What to produce >> Please tally the lines in the data below that include the string "loss", and reply with only the total.
Segment Open
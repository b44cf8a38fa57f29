//! The start of a server's first session.
ghost use Rattle.std.specs.Prelude.{ℕ, ◌≡◌, false, replicate, IfOk};
ghost use Rattle.bitmap.specs.Marks.{marked};
ghost use Rattle.blocks.specs.SettingsRange.{standard};
ghost use Rattle.served_images.specs.Sessions.{IsFirst, IsKeptStart, IsMarkedStart, IsStart};

use crate::beginning::{Beginning, FreshNumbers, ImagesMetadata, Known, local_header};
use crate::first_identifiers::first_identifiers;
use crate::session_end::SessionEnd;
use crate::totals::Totals;
use bitmap::Bitmap;
use blocks::{ConnectionWords, MAX_DEVICE_BLOCKS, Protocol, Refusal, Settings, Store, Tuple};
use disk_pair::{Disks, first_marks, is_peer_known};
use image_metadata::{
    CountedFile, Header, MetadataFault, OpeningBytes, UNKNOWN, create_anew, serving_identifiers,
};
use kept_nodes::record_marks;
use program_values::FirstStart;
use std::alloc::Global;
use std::io::Write;
use volume::{PairMetadata, SessionStart};

/// Fresh words for a first session.
#[derive(Clone, Copy, Debug, PartialEq, Eq)]
pub struct FirstWords {
    /// Those of its first connection.
    pub connection: ConnectionWords,
    /// An identifier of the local disk, if the images differ.
    pub loss: u64,
}

/// Returns the settings of a server's sessions: these, and else the standard ones.
pub fn settings_of(protocol: Protocol, blocks: u32) -> Settings
    ensures { result ≡ record standard { protocol = protocol; blocks = blocks } }
{
    Settings {
        protocol,
        blocks,
        ..Settings::STANDARD
    }
}

/// Returns what the first session over these disks starts from: what the metadata of both images says, or where there is none, what
/// `how` says. `ReadFault` (14) if a disk fails a read of a comparison, `LocalFault` (8) if metadata cannot be made.
pub fn first_start<D: Store + Drop, M: OpeningBytes, N: OpeningBytes, E: Write>(
    alloc: Global,
    settings: Settings,
    words: FirstWords,
    how: FirstStart,
    beginning: Beginning<M, N>,
    numbers: FreshNumbers,
    disks: Disks<D>,
    err: &mut E,
) -> Result<SessionEnd<D, M, N>, Refusal>
    ensures { IfOk result (IsStart settings how disks) }
{
    match beginning {
        Beginning::Unkept => start_unkept(alloc, settings, words, how, disks, err),
        Beginning::First { local, peer } => start_kept(
            alloc, settings, words, how, local, peer, numbers, disks, err,
        ),
        Beginning::Known(known) => start_known(settings, words, known, disks),
    }
}

// Returns what a session starts from over images whose metadata says this.
fn start_known<D: Store + Drop, M: OpeningBytes, N: OpeningBytes>(
    settings: Settings,
    words: FirstWords,
    known: Known<M, N>,
    disks: Disks<D>,
) -> Result<SessionEnd<D, M, N>, Refusal>
    ensures { IfOk result (IsKeptStart settings disks) }
{
    let Known {
        metadata,
        own,
        peer,
        marks,
        after: _,
    } = known;
    Ok(SessionEnd {
        disks,
        parts: parts_of(settings, words, own, peer, marks)?,
        totals: Totals::NOTHING,
        metadata,
    })
}

// Returns what a session starts from over images that get metadata now: the blocks that differ are marked, or all is copied, or they
// are taken as alike.
fn start_kept<D: Store + Drop, M: OpeningBytes, N: OpeningBytes, E: Write>(
    alloc: Global,
    settings: Settings,
    words: FirstWords,
    how: FirstStart,
    local: CountedFile,
    peer: CountedFile,
    numbers: FreshNumbers,
    disks: Disks<D>,
    err: &mut E,
) -> Result<SessionEnd<D, M, N>, Refusal>
    ensures { IfOk result (IsMarkedStart settings how disks) }
{
    let mut disks = disks;
    tell_first(err);
    let marks = first_marks(alloc, settings.blocks, how, &mut disks, err)?;
    let count = marks.count();
    tell_differing(how, count, err);
    let (own, other) = first_identifiers(how, count > 0, numbers.identifier, words.loss);
    let Ok(metadata) = make_metadata::<M, N>(
        alloc,
        settings.blocks,
        local,
        peer,
        numbers,
        own,
        other,
        &marks,
    ) else {
        return Err(Refusal::LocalFault);
    };
    match parts_of(settings, words, own, other, marks) {
        Ok(parts) => Ok(SessionEnd {
            disks,
            parts,
            totals: Totals::NOTHING,
            metadata,
        }),
        Err(refusal) => Err(refusal),
    }
}

/// Says that both images get metadata.
pub fn tell_first<E: Write>(err: &mut E) {
    let _ = writeln!(err, "both images get metadata, since neither has any");
}

/// Says how many blocks a comparison found to differ, or what is done without one.
pub fn tell_differing<E: Write>(how: FirstStart, count: u32, err: &mut E) {
    let _ = match how {
        FirstStart::Compare => writeln!(
            err,
            "{count} blocks differ, and are copied from the local image over the peer's"
        ),
        FirstStart::Copy => writeln!(err, "all of the local image is copied over the peer's"),
        FirstStart::AssumeEqual => {
            writeln!(err, "the images are taken as alike, and nothing is copied")
        }
    };
}

// Makes the metadata of both images.
fn make_metadata<M: OpeningBytes, N: OpeningBytes>(
    alloc: Global,
    blocks: u32,
    local: CountedFile,
    peer: CountedFile,
    numbers: FreshNumbers,
    own: Tuple,
    peer_tuple: Tuple,
    marks: &Bitmap,
) -> Result<ImagesMetadata<M, N>, MetadataFault> {
    let header = local_header(blocks, &numbers);
    // The peer's comes first: alone it says nothing.
    let secondary = create_anew(
        alloc,
        peer,
        Header {
            node: numbers.peer_node,
            ..header
        },
        &serving_identifiers(peer_tuple, peer_tuple != UNKNOWN, numbers.boot, header.node),
    )?;
    let mut primary = create_anew(
        alloc,
        local,
        header,
        &serving_identifiers(own, true, numbers.boot, 0),
    )?;
    if marks.len() != primary.header().blocks {
        return Err(MetadataFault::OtherBlocks);
    }
    record_marks(&mut primary, marks)?;
    Ok(PairMetadata {
        primary: Some(primary),
        secondary: Some(secondary),
        is_peer_doubted: false,
    })
}

// Returns what a session starts from over disks of which nothing is known, and nothing is kept: no block is marked, and the peer's disk has
// the identifiers of an unknown one (0,0,0,0), so that all is copied, if a copy is asked for or a comparison finds a difference, which a
// line on `err` says.
fn start_unkept<D: Store + Drop, M: OpeningBytes, N: OpeningBytes, E: Write>(
    alloc: Global,
    settings: Settings,
    words: FirstWords,
    how: FirstStart,
    disks: Disks<D>,
    err: &mut E,
) -> Result<SessionEnd<D, M, N>, Refusal>
    ensures { IfOk result (IsFirst settings how disks) }
{
    let mut disks = disks;
    let first = Tuple::new(1, 0, 0, 0);
    let unknown = Tuple::new(0, 0, 0, 0);
    let is_known = is_peer_known(how, &mut disks, err)?;
    let peer = if is_known { first } else { unknown };
    match first_parts(alloc, settings, words, first, peer) {
        Ok(parts) => Ok(SessionEnd {
            disks,
            parts,
            totals: Totals::NOTHING,
            metadata: PairMetadata {
                primary: None,
                secondary: None,
                is_peer_doubted: false,
            },
        }),
        Err(refusal) => Err(refusal),
    }
}

// Returns the parts of the first session, over disks with these identifiers, with no block marked.
fn first_parts(
    alloc: Global,
    settings: Settings,
    words: FirstWords,
    own: Tuple,
    peer: Tuple,
) -> Result<SessionStart, Refusal>
    ensures settings { IfOk result (λ parts. parts.settings ≡ settings) }
    ensures identifiers { IfOk result (λ parts. (parts.own ≡ own) × (parts.peer ≡ peer)) }
    ensures marks { IfOk result (λ parts. (block : ℕ) → marked parts.marks block ≡ false) }
{
    let marks = unmarked_bitmap(alloc, settings.blocks)?;
    parts_of(settings, words, own, peer, marks)
}

// Returns the bitmap of the device, with no block marked. `BadSetting` (15) if no device is so large, `NoMemory` (7) if there is none.
fn unmarked_bitmap(alloc: Global, blocks: u32) -> Result<Bitmap, Refusal>
    ensures made { IfOk result (λ marks. marks ≡ replicate blocks false) }
{
    if blocks > MAX_DEVICE_BLOCKS {
        return Err(Refusal::BadSetting);
    }
    Bitmap::unmarked(alloc, u64::from(blocks))
}

// Returns the parts of a session, over disks with these identifiers and marks.
fn parts_of(
    settings: Settings,
    words: FirstWords,
    own: Tuple,
    peer: Tuple,
    marks: Bitmap,
) -> Result<SessionStart, Refusal>
    ensures settings { IfOk result (λ parts. parts.settings ≡ settings) }
    ensures identifiers { IfOk result (λ parts. (parts.own ≡ own) × (parts.peer ≡ peer)) }
    ensures marks { IfOk result (λ parts. parts.marks ≡ marks) }
{
    settings.check()?;
    Ok(SessionStart {
        settings,
        own,
        peer,
        marks,
        words: words.connection,
        is_cut: false,
    })
}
Segment Closed
Response area >> 2